> **ASSIGNED TASK**
Without adding or dropping anything, copy the entries below.

- - - - -

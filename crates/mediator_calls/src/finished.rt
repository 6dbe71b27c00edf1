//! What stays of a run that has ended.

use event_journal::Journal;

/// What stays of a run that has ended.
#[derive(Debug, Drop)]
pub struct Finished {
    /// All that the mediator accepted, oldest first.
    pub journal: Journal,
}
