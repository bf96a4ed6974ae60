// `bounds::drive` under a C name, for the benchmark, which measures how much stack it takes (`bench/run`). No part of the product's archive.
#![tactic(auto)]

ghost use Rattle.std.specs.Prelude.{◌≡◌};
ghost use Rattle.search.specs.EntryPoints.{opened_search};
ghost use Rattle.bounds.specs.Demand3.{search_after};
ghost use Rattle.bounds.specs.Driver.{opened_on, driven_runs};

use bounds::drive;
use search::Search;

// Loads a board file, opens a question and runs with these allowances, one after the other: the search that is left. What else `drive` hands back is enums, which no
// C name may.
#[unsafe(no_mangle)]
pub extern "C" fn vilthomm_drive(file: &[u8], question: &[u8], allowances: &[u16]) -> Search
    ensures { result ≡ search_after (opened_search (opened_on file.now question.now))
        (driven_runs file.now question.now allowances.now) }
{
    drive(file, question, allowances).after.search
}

- - - - -

> **OUTPUT FOR THIS TASK**
filename crates/mediator_calls/src/finished.rt
repository 6dbe71b27c00edf1
//! What stays of a run that has ended.

use event_journal::Journal;

/// What stays of a run that has ended.
#[derive(Debug, Drop)]
pub struct Finished {
    /// All that the mediator accepted, oldest first.
    pub journal: Journal,
}
repository bf96a4ed6974ae60
// `bounds::drive` under a C name, for the benchmark, which measures how much stack it takes (`bench/run`). No part of the product's archive.
#![tactic(auto)]

ghost use Rattle.std.specs.Prelude.{◌≡◌};
ghost use Rattle.search.specs.EntryPoints.{opened_search};
ghost use Rattle.bounds.specs.Demand3.{search_after};
ghost use Rattle.bounds.specs.Driver.{opened_on, driven_runs};

use bounds::drive;
use search::Search;

// Loads a board file, opens a question and runs with these allowances, one after the other: the search that is left. What else `drive` hands back is enums, which no
// C name may.
#[unsafe(no_mangle)]
pub extern "C" fn vilthomm_drive(file: &[u8], question: &[u8], allowances: &[u16]) -> Search
    ensures { result ≡ search_after (opened_search (opened_on file.now question.now))
        (driven_runs file.now question.now allowances.now) }
{
    drive(file, question, allowances).after.search
}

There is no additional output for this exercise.